Treatment paths for localised prostate cancer in Italy: The results of a multidisciplinary, observational, prospective study (Pros-IT CNR).

PLoS One 2019 1;14(11):e0224151. Epub 2019 Nov 1.

Radiation Oncology Department, University and Spedali Civili Hospital, Brescia, Italy.

Background: There are several treatments available to newly diagnosed prostate cancer (PCA) patients. Although surgery and radiotherapy (RT) with or without androgen deprivation therapy (ADT) are widely adopted treatment options for localized PCA together with active surveillance (AS), there is no consensus nor randomised trials on treatment selection, prospective quality of life (QOL), along with toxicity outcomes and according to treatment modality in the Italian population. The current study aimed to describe clinical-therapeutic features and QOL at PCA diagnosis, according to different treatment patterns in a large prospective, Italian population, enrolled in the Pros-IT CNR study.

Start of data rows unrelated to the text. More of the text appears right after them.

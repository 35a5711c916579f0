//! Lists of bytes in parts: what is written, and the account that is lent.
use crate::tests::region::{lent_account, region};
use data_parts::Parts;
use sol_base::{Account, OutOfMemory};
use std::alloc::Global;

/// Whether these are the bytes, read whole and as an array.
fn has_bytes(list: &Parts, bytes: [u8; 5]) -> bool {
    if list.len() != 5 {
        return false;
    }
    let mut read = [0xff; 5];
    list.read(0, &mut read);
    read == bytes && list.array::<5>(0) == Some(bytes)
}

/// Whether this byte is at the place.
fn has_byte(list: &Parts, at: usize, byte: u8) -> bool {
    at < list.len() && list.get(at) == byte
}

/// Whether the account still has the data `0304`.
fn keeps_data(lent: &Account) -> bool {
    lent.bytes.as_slice() == [3, 4].as_slice()
}

/// Whether the list has these bytes after a write.
fn writes(list: &mut Parts, at: usize, bytes: &[u8], all: [u8; 5]) -> Result<bool, OutOfMemory> {
    if list.len() != 5 || at > 5 || bytes.len() > 5 - at {
        return Ok(false);
    }
    list.write(at, bytes)?;
    Ok(has_bytes(list, all))
}

/// Whether the list has these bytes after places of it are prepared.
fn prepares(list: &mut Parts, at: usize, len: usize, all: [u8; 5]) -> Result<bool, OutOfMemory> {
    if list.len() != 5 || at > 5 || len > 5 - at {
        return Ok(false);
    }
    list.prepare(at, len)?;
    Ok(has_bytes(list, all))
}

/// Whether the region is written and prepared.
fn writes_region(list: &mut Parts) -> Result<bool, OutOfMemory> {
    Ok(
        writes(list, 1, &[0xaa, 0xbb], [1, 0xaa, 0xbb, 4, 0])?
            && prepares(list, 0, 5, [1, 0xaa, 0xbb, 4, 0])?
            && writes(list, 0, &[9, 8, 7, 6, 5], [9, 8, 7, 6, 5])?
            && has_byte(list, 3, 6),
    )
}

/// Whether a region is written so, and its account is not.
fn is_written(alloc: Global) -> Result<bool, OutOfMemory> {
    let lent = lent_account(alloc)?;
    let mut list = region(alloc, &lent)?;
    Ok(writes_region(&mut list)? && keeps_data(&lent))
}

#[test]
fn a_region_is_written(rt: HostRuntime) {
    assert!(rt; is_written(rt.alloc()) == Ok(true));
}

/// Whether an account is lent at the places of the region, before its lent part is written.
const LENT: [(usize, bool); 5] = [(0, false), (1, false), (2, true), (3, false), (5, false)];

/// Whether the list lends at these places.
fn lends_by_table(list: &Parts) -> bool {
    for (at, lends) in LENT {
        if list.lent_at(at).is_some() != lends {
            return false;
        }
    }
    true
}

/// Whether the list lends its account until it is written there.
fn lends_until_written(list: &mut Parts) -> Result<bool, OutOfMemory> {
    Ok(lends_by_table(list) && writes(list, 3, &[5], [1, 2, 3, 5, 0])? && list.lent_at(2).is_none())
}

/// Whether a region lends so, and its account is not written.
fn is_lent(alloc: Global) -> Result<bool, OutOfMemory> {
    let lent = lent_account(alloc)?;
    let mut list = region(alloc, &lent)?;
    Ok(lends_until_written(&mut list)? && keeps_data(&lent))
}

#[test]
fn an_account_is_lent_until_it_is_written(rt: HostRuntime) {
    assert!(rt; is_lent(rt.alloc()) == Ok(true));
}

Methods: The Pros-IT CNR is an on-going national, multicenter, observational, prospective study on patients affected by PCA who have been referred by 97 Italian Urology, Radiation Oncology and Medical Oncology facilities participating in the project. The possible relationships between the treatment patterns reported in the 6 month follow-up case report form and patients' features at diagnosis were evaluated using exploratory multiple correspondence analysis (MCA) and other data analysis method.

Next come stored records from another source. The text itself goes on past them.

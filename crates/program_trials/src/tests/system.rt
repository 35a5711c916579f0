//! The system program: each instruction once, each refusal, and a transfer that fails.
ghost use Rattle.std.specs.Prelude.{◌≡◌, ◌<◌, ◌^◌, IfOk};
ghost use Rattle.std.specs.Arc.{arc_value};
ghost use Rattle.sol_base.specs.declared.account.Account.{Account as AccountValue};
ghost use Rattle.sol_base.specs.Accounts.{accounts_of, lamports_in};
ghost use Rattle.sol_base.specs.Metas.{AreInRange};

use crate::tests::pieces::{Pieces, joined};
use account_rules::RuleFault;
use sol_base::{Account, Blob, Items, Key, Meta, OutOfMemory, SYSTEM_PROGRAM, seed_key};
use std::alloc::Global;
use std::sync::Arc;
use std::test::Fail;
use system_prog::{SystemFault, run_system};

/// The payer, and the base that the other account is derived from.
const PAYER: Key = Key([0x31; 32]);

/// The program that owns what is made.
const PROGRAM: Key = Key([0x33; 32]);

// The bytes of instructions: tags, numbers, keys and the seed.
const CREATE: &[u8] = &[0, 0, 0, 0];

const ASSIGN: &[u8] = &[1, 0, 0, 0];

const TRANSFER: &[u8] = &[2, 0, 0, 0];

const CREATE_WITH_SEED: &[u8] = &[3, 0, 0, 0];

const ADVANCE_NONCE: &[u8] = &[4, 0, 0, 0];

const ALLOCATE: &[u8] = &[8, 0, 0, 0];

const ALLOCATE_WITH_SEED: &[u8] = &[9, 0, 0, 0];

const ASSIGN_WITH_SEED: &[u8] = &[10, 0, 0, 0];

const TRANSFER_WITH_SEED: &[u8] = &[11, 0, 0, 0];

const NONE: &[u8] = &[0; 8];

const TWO: &[u8] = &[2, 0, 0, 0, 0, 0, 0, 0];

const FIVE: &[u8] = &[5, 0, 0, 0, 0, 0, 0, 0];

const MORE_THAN_IT_HAS: &[u8] = &[0x50, 7, 0, 0, 0, 0, 0, 0];

const TOO_MANY: &[u8] = &[1, 0, 0, 1, 0, 0, 0, 0];

const SEED: &[u8] = b"\x04\0\0\0\0\0\0\0seed";

const OTHER_SEED: &[u8] = b"\x05\0\0\0\0\0\0\0seed!";

const LONG_SEED: &[u8] = b"\x21\0\0\0\0\0\0\0ssssssssssssssssssssssssssssssssS";

const PAYER_BYTES: &[u8] = b"11111111111111111111111111111111";

const OWNER: &[u8] = b"33333333333333333333333333333333";

const ILLEGAL: &[u8] = b"33333333333ProgramDerivedAddress";

/// Which account comes first, the other one instead of the payer, and whether each signs.
type Order = (bool, bool, bool);

/// The payer comes first.
const FIRST: Order = (false, true, true);

/// The other account comes first.
const SECOND: Order = (true, true, true);

fn meta(index: u8, signer: bool) -> Meta
    ensures { result.index ≡ index }
{
    Meta {
        index,
        signer,
        writable: true,
    }
}

/// The payer and the other account, or the other way round, and then the payer again.
fn metas(order: Order) -> [Meta; 3]
    ensures { AreInRange 2 result }
{
    let (swapped, payer, other) = order;
    if swapped {
        [meta(1, other), meta(0, payer), meta(0, payer)]
    } else {
        [meta(0, payer), meta(1, other), meta(0, payer)]
    }
}

fn account(alloc: Global, lamports: u32, bytes: &[u8]) -> Result<Arc<Account>, OutOfMemory>
    ensures { IfOk result (λ share. let value : AccountValue = arc_value share in
        value.lamports ≡ lamports) }
{
    let account = Account {
        lamports: u64::from(lamports),
        owner: SYSTEM_PROGRAM,
        executable: false,
        bytes: Blob::from_slice(alloc, bytes)?,
    };
    Ok(Arc::new(alloc, account)?)
}

/// The payer without data, and the other account.
fn pair(
    alloc: Global,
    payer: u32,
    other: u32,
    bytes: &[u8],
) -> Result<[Arc<Account>; 2], OutOfMemory>
    ensures { IfOk result (λ accounts. lamports_in (accounts_of accounts) < 2 ^ 64) }
{
    Ok([account(alloc, payer, &[])?, account(alloc, other, bytes)?])
}

/// What an instruction does to the two accounts.
fn run(
    alloc: Global,
    keys: &[Key; 2],
    accounts: &[Arc<Account>; 2],
    order: Order,
    pieces: &[&[u8]],
) -> Result<Items<Arc<Account>>, SystemFault>
    requires { lamports_in (accounts_of accounts.now) < 2 ^ 64 }
{
    let input = joined(alloc, pieces)?;
    run_system(alloc, keys, accounts, &metas(order), input.as_slice())
}

/// The payer's key, and the key that is derived from it.
fn keys() -> [Key; 2] {
    match seed_key(&PAYER, b"seed", &PROGRAM) {
        Ok(key) => [PAYER, key],
        Err(_) => [PAYER, PAYER],
    }
}

/// An instruction, the order of its accounts, and the lamports and data of the other account.
type Call = (Pieces, Order, u32, &'static [u8]);

/// What an instruction does where the payer has 1,000 lamports.
fn run_call(
    alloc: Global,
    (pieces, order, lamports, bytes): Call,
) -> Result<Items<Arc<Account>>, SystemFault> {
    let accounts = pair(alloc, 1000, lamports, bytes)?;
    run(alloc, &keys(), &accounts, order, pieces)
}

/// The payer's lamports after an instruction, and the other account's lamports, owner and number
/// of data bytes.
type Left = (u64, u64, Key, usize);

/// Whether the two accounts are left so.
fn are_left(accounts: &[Arc<Account>], want: &Left) -> bool {
    match accounts {
        [payer, other] => {
            payer.lamports == want.0
                && other.lamports == want.1
                && other.owner == want.2
                && other.bytes.len() == want.3
        }
        _ => false,
    }
}

/// Whether the answer is this refusal.
fn is_refusal(answer: Result<Items<Arc<Account>>, SystemFault>, want: &SystemFault) -> bool {
    match answer {
        Ok(_) => false,
        Err(fault) => fault == *want,
    }
}

const IN_USE: SystemFault = SystemFault::Custom { code: 0 };

const POOR: SystemFault = SystemFault::Custom { code: 1 };

const LARGE: SystemFault = SystemFault::Custom { code: 3 };

const LONG: SystemFault = SystemFault::Custom { code: 4 };

const WRONG_KEY: SystemFault = SystemFault::Custom { code: 5 };

const INVALID: SystemFault = SystemFault::InvalidInstruction;

const BAD_ARGUMENT: SystemFault = SystemFault::InvalidArgument;

const OWNER_CHANGE: SystemFault = SystemFault::Rule(RuleFault::OwnerChange { i: 0 });

/// The keys of the worked example.
const EXAMPLE_KEYS: [Key; 2] = [Key([1; 32]), Key([0x0a; 32])];

/// 890,880 lamports.
const RENT: &[u8] = &[0x00, 0x98, 0x0d, 0, 0, 0, 0, 0];

/// 5,000,000,000 lamports.
const MUCH: &[u8] = &[0x00, 0xf2, 0x05, 0x2a, 1, 0, 0, 0];

/// An account is made, and then its maker is asked for more than it has left.
#[test]
fn a_failed_second_instruction(rt: HostRuntime) -> Result<(), Fail> {
    let before = pair(rt.alloc(), 1_999_990_000, 0, &[])?;
    let pieces = [CREATE, RENT, NONE, OWNER];
    let after = run(rt.alloc(), &EXAMPLE_KEYS, &before, FIRST, &pieces)?;
    assert!(rt; are_left(after.as_slice(), &(1_999_099_120, 890_880, PROGRAM, 0)));
    let before = pair(rt.alloc(), 1_999_099_120, 890_880, &[])?;
    let answer = run(rt.alloc(), &EXAMPLE_KEYS, &before, FIRST, &[TRANSFER, MUCH]);
    assert!(rt; is_refusal(answer, &POOR));
    Ok(())
}

/// Each instruction, and what it leaves.
const GOOD: [(Call, Left); 8] = [
    (
        (&[CREATE, FIVE, TWO, OWNER], FIRST, 0, b""),
        (995, 5, PROGRAM, 2),
    ),
    ((&[ASSIGN, OWNER], SECOND, 7, b""), (1000, 7, PROGRAM, 0)),
    (
        (&[TRANSFER, FIVE], FIRST, 7, b""),
        (995, 12, SYSTEM_PROGRAM, 0),
    ),
    (
        (
            &[CREATE_WITH_SEED, PAYER_BYTES, SEED, FIVE, TWO, OWNER],
            (false, true, false),
            0,
            b"",
        ),
        (995, 5, PROGRAM, 2),
    ),
    (
        (&[ALLOCATE, TWO, b"more"], SECOND, 7, b""),
        (1000, 7, SYSTEM_PROGRAM, 2),
    ),
    (
        (
            &[ALLOCATE_WITH_SEED, PAYER_BYTES, SEED, TWO, OWNER],
            (true, true, false),
            7,
            b"",
        ),
        (1000, 7, PROGRAM, 2),
    ),
    (
        (
            &[ASSIGN_WITH_SEED, PAYER_BYTES, SEED, OWNER],
            (true, true, false),
            7,
            b"",
        ),
        (1000, 7, PROGRAM, 0),
    ),
    (
        (
            &[TRANSFER_WITH_SEED, FIVE, SEED, OWNER],
            (true, true, false),
            7,
            b"",
        ),
        (1005, 2, SYSTEM_PROGRAM, 0),
    ),
];

/// Whether an instruction leaves the two accounts so.
fn leaves(alloc: Global, call: Call, want: &Left) -> Result<bool, SystemFault> {
    let after = run_call(alloc, call)?;
    Ok(are_left(after.as_slice(), want))
}

#[test]
fn each_instruction_ends_well(rt: HostRuntime) -> Result<(), Fail> {
    for row in &GOOD {
        assert!(rt; leaves(rt.alloc(), row.0, &row.1)?);
    }
    Ok(())
}

/// Instructions, and why they are refused.
const REFUSED: [(Call, SystemFault); 15] = [
    ((&[ADVANCE_NONCE], FIRST, 0, b""), INVALID),
    ((&[TRANSFER, &[5, 0, 0]], FIRST, 0, b""), INVALID),
    (
        (&[TRANSFER, FIVE], (false, false, true), 0, b""),
        SystemFault::MissingSignature { i: 0 },
    ),
    ((&[TRANSFER, FIVE], SECOND, 7, b"text"), BAD_ARGUMENT),
    ((&[TRANSFER, MORE_THAN_IT_HAS], FIRST, 0, b""), POOR),
    ((&[CREATE, FIVE, TWO, OWNER], FIRST, 7, b""), IN_USE),
    ((&[CREATE, FIVE, TWO, OWNER], FIRST, 0, b"text"), IN_USE),
    (
        (&[CREATE, FIVE, TWO, OWNER], (false, true, false), 0, b""),
        SystemFault::MissingSignature { i: 1 },
    ),
    ((&[CREATE, FIVE, TOO_MANY, OWNER], FIRST, 0, b""), LARGE),
    (
        (
            &[CREATE_WITH_SEED, PAYER_BYTES, LONG_SEED, FIVE, TWO, OWNER],
            FIRST,
            0,
            b"",
        ),
        LONG,
    ),
    (
        (
            &[CREATE_WITH_SEED, PAYER_BYTES, SEED, FIVE, TWO, ILLEGAL],
            FIRST,
            0,
            b"",
        ),
        BAD_ARGUMENT,
    ),
    (
        (
            &[CREATE_WITH_SEED, PAYER_BYTES, OTHER_SEED, FIVE, TWO, OWNER],
            FIRST,
            0,
            b"",
        ),
        WRONG_KEY,
    ),
    (
        (
            &[ASSIGN_WITH_SEED, PAYER_BYTES, SEED, OWNER],
            (true, false, true),
            7,
            b"",
        ),
        SystemFault::MissingSignature { i: 0 },
    ),
    ((&[ASSIGN, OWNER], SECOND, 7, b"text"), OWNER_CHANGE),
    (
        (
            &[TRANSFER_WITH_SEED, FIVE, SEED, OWNER],
            (true, false, true),
            7,
            b"",
        ),
        SystemFault::MissingSignature { i: 1 },
    ),
];

#[test]
fn each_refusal_comes(rt: HostRuntime) {
    for row in &REFUSED {
        assert!(rt; is_refusal(run_call(rt.alloc(), row.0), &row.1));
    }
}

/// What an instruction that lists no account comes to.
fn run_alone(alloc: Global, pieces: Pieces) -> Result<Items<Arc<Account>>, SystemFault> {
    let input = joined(alloc, pieces)?;
    run_system(alloc, &[], &[], &[], input.as_slice())
}

/// The length of a seed of one byte.
const ONE: &[u8] = &[1, 0, 0, 0, 0, 0, 0, 0];

/// Instructions that list no account, the first with a seed that is not UTF-8.
const ALONE: [(Pieces, SystemFault); 2] = [
    (
        &[ASSIGN_WITH_SEED, PAYER_BYTES, ONE, &[0xff], OWNER],
        INVALID,
    ),
    (
        &[ASSIGN_WITH_SEED, PAYER_BYTES, ONE, b"s", OWNER],
        SystemFault::NotEnoughAccounts,
    ),
];

#[test]
fn data_come_before_accounts(rt: HostRuntime) {
    for row in &ALONE {
        assert!(rt; is_refusal(run_alone(rt.alloc(), row.0), &row.1));
    }
}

Results: At diagnosis, surgery and AS patients were significantly younger, had fewer comorbidities, lower PSA levels and Gleason Score (GS) values; they were also diagnosed at an earlier stage of disease with respect to the RT or ADT patients who showed significantly worse QoL scores at the time of diagnosis.

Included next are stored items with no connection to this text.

//! Example "region layout", and each call once for each kind of input.
ghost use Rattle.std.specs.Prelude.{IfOk};
ghost use Rattle.std.specs.Arc.{arc_value};
ghost use Rattle.sol_base.specs.Accounts.{IsShort};

use abi_input::{BackFault, PatchFault, TakenBack, lay_out, patch, take_back};
use data_parts::Parts;
use sol_base::{Account, Blob, Key, MAX_DATA_LEN, Meta, OutOfMemory};
use std::alloc::Global;
use std::sync::Arc;
use std::test::Fail;

const KEY: Key = Key([0x44; 32]);

const PROGRAM: Key = Key([0x77; 32]);

/// The one account, listed twice.
const TWICE: [Meta; 2] = [
    Meta {
        index: 0,
        signer: false,
        writable: true,
    },
    Meta {
        index: 0,
        signer: true,
        writable: false,
    },
];

/// The bytes of the region of 16 data bytes that are listed twice.
const SIZE: usize = 10_408;

/// Where the length of the data is.
const LENGTH_AT: usize = 88;

/// An account with these data, which are not too long.
fn account_of(alloc: Global, lamports: u64, bytes: &[u8]) -> Result<Arc<Account>, OutOfMemory>
    ensures { IfOk result (λ share. IsShort (arc_value share)) }
{
    if bytes.len() > MAX_DATA_LEN {
        return Err(OutOfMemory);
    }
    let account = Account {
        lamports,
        owner: PROGRAM,
        executable: false,
        bytes: Blob::from_slice(alloc, bytes)?,
    };
    Ok(Arc::new(alloc, account)?)
}

/// What is taken back where this length is written over that of the account.
fn taken(alloc: Global, length: u64) -> Result<TakenBack, BackFault> {
    let start = [account_of(alloc, 5, &[7; 16])?];
    let mut region = lay_out(alloc, &[KEY], &start, &TWICE, &[], &PROGRAM)?;
    if region.len() != SIZE {
        return Err(BackFault::OutOfMemory);
    }
    region.write(LENGTH_AT, &length.to_le_bytes())?;
    if region.len() != SIZE {
        return Err(BackFault::OutOfMemory);
    }
    take_back(alloc, &region, &start, &start, &TWICE)
}

/// How many data bytes are taken back, and whether the account may differ.
fn taken_length(alloc: Global, length: u64) -> Result<(usize, bool), BackFault> {
    let taken = taken(alloc, length)?;
    match (taken.accounts.as_slice(), taken.touched.as_slice()) {
        ([account], [touched]) => Ok((account.bytes.len(), *touched)),
        _ => Err(BackFault::OutOfMemory),
    }
}

/// A length in the region, and what is taken back.
const TAKEN: [(u64, Result<(usize, bool), BackFault>); 5] = [
    (16, Ok((16, false))),
    (0, Ok((0, true))),
    (10_256, Ok((10_256, true))),
    (10_257, Err(BackFault::LengthTooLarge { i: 0 })),
    (u64::MAX, Err(BackFault::LengthTooLarge { i: 0 })),
];

#[test]
fn lengths_are_taken_back(rt: HostRuntime) {
    for (length, wanted) in &TAKEN {
        assert!(rt; taken_length(rt.alloc(), *length) == *wanted);
    }
}

/// The region of the account, patched with these data.
fn patched(alloc: Global, bytes: &[u8]) -> Result<Parts, PatchFault> {
    let start = [account_of(alloc, 5, &[7; 16])?];
    let now = [account_of(alloc, 6, bytes)?];
    let mut region = lay_out(alloc, &[KEY], &start, &TWICE, &[], &PROGRAM)?;
    patch(alloc, &mut region, &start, &now, &TWICE)?;
    Ok(region)
}

/// Whether the bytes are at a place.
fn stands(region: &Parts, place: usize, bytes: &[u8]) -> bool {
    let mut at = place;
    for byte in bytes {
        if at >= region.len() || region.get(at) != *byte {
            return false;
        }
        at = at.wrapping_add(1);
    }
    true
}

/// Whether that many data bytes are patched in.
fn is_patched(alloc: Global, bytes: &[u8]) -> Result<bool, PatchFault> {
    let region = patched(alloc, bytes)?;
    Ok(stands(&region, LENGTH_AT, &(bytes.len() as u64).to_le_bytes()))
}

#[test]
fn lengths_are_patched(rt: HostRuntime) -> Result<(), Fail> {
    assert!(rt; is_patched(rt.alloc(), &[])?);
    assert!(rt; is_patched(rt.alloc(), &[8; 10_256])?);
    let refused = is_patched(rt.alloc(), &[8; 10_257]);
    assert!(rt; refused == Err(PatchFault::LengthTooLarge { i: 0 }));
    Ok(())
}

/// The region of 16 data bytes that are listed twice.
fn region_of(alloc: Global) -> Result<Parts, OutOfMemory> {
    let start = [account_of(alloc, 5, &[7; 16])?];
    lay_out(alloc, &[KEY], &start, &TWICE, &[], &PROGRAM)
}

/// What is in that region: the number of accounts, and then the flags of both metas together;
/// the data; and the second listing.
const STANDS: [(usize, &[u8]); 3] = [
    (0, &[2, 0, 0, 0, 0, 0, 0, 0, 255, 1, 1, 0]),
    (96, &[7; 16]),
    (10_360, &[0; 8]),
];

#[test]
fn a_region_is_laid_out(rt: HostRuntime) -> Result<(), Fail> {
    let region = region_of(rt.alloc())?;
    assert!(rt; region.len() == SIZE);
    for (place, bytes) in &STANDS {
        assert!(rt; stands(&region, *place, bytes));
    }
    Ok(())
}
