/// The state with the program, and the one that it may call.
fn state_with(alloc: Global, program: Account) -> Result<Accounts, StoreFault>
    requires { IsShort program }
{
    let mut entries = Items::new(alloc);
    entries.push(KeyedAccount {
        key: OTHER,
        account: second_account(alloc, Second::Program)?,
    })?;
    entries.push(KeyedAccount {
        key: PROGRAM,
        account: program,
    })?;
    Accounts::from_sorted(alloc, entries)
}

/// What is kept of both programs.
fn programs_with(alloc: Global, text: Text, number: u8) -> Result<Programs, StoreFault> {
    let state = state_with(alloc, program(alloc, text, number)?)?;
    Ok(programs_under(alloc, &state, &[PROGRAM, OTHER])?)
}

/// What comes of an instruction of the first program over these accounts.
fn ran_over(
    alloc: Global,
    programs: &Programs,
    accounts: &[Arc<Account>; 4],
    second: Second,
    height: u8,
    units: u64,
) -> Result<(Ran, usize), OutOfMemory>
    requires height { (1 ≤ height) × (height ≤ 9) }
    requires accounts { AreAccountsOf 4 (accounts_of accounts.now) }
{
    let keys = [PROGRAM, second_key(second), ABSENT, SYSTEM_PROGRAM];
    let call = call_of(alloc, &METAS)?;
    run(alloc, programs, height, &keys, accounts, &call, units, 0)
}

/// What comes of an instruction of the program.
fn ran_with(
    alloc: Global,
    text: Text,
    number: u8,
    second: Second,
    height: u8,
    units: u64,
) -> Result<(Ran, usize), StoreFault>
    requires height { (1 ≤ height) × (height ≤ 9) }
{
    let programs = programs_with(alloc, text, number)?;
    let accounts = given(alloc, text, number, second)?;
    Ok(ran_over(alloc, &programs, &accounts, second, height, units)?)
}

/// Whether the instruction of a row comes to what is wanted.
fn is_example(
    alloc: Global,
    row: &(Text, u8, Second, u8, u64, Wanted),
) -> Result<bool, StoreFault> {
    let (height, units) = (row.3, row.4);
    if height < 1 || height > 9 {
        return Ok(false);
    }
    let (ran, lines) = ran_with(alloc, row.0, row.1, row.2, height, units)?;
    Ok(comes_to(&ran, lines, units, &row.5))
}

#[test]
fn examples_of_programs(rt: HostRuntime) -> Result<(), Fail> {
    for row in &EXAMPLES {
        assert!(rt; is_example(rt.alloc(), row)?);
    }
    Ok(())
}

Conclusions: An analysis of the data collected at baseline and 6 months later uncovered substantial differences in ages, comorbidities, clinical and QOL features in the various treatment groups. These findings do not fully reflect the current PCA treatment guidelines and suggest the need for a multidisciplinary consensus guideline to ameliorate both the counselling and treatments of PCA patients.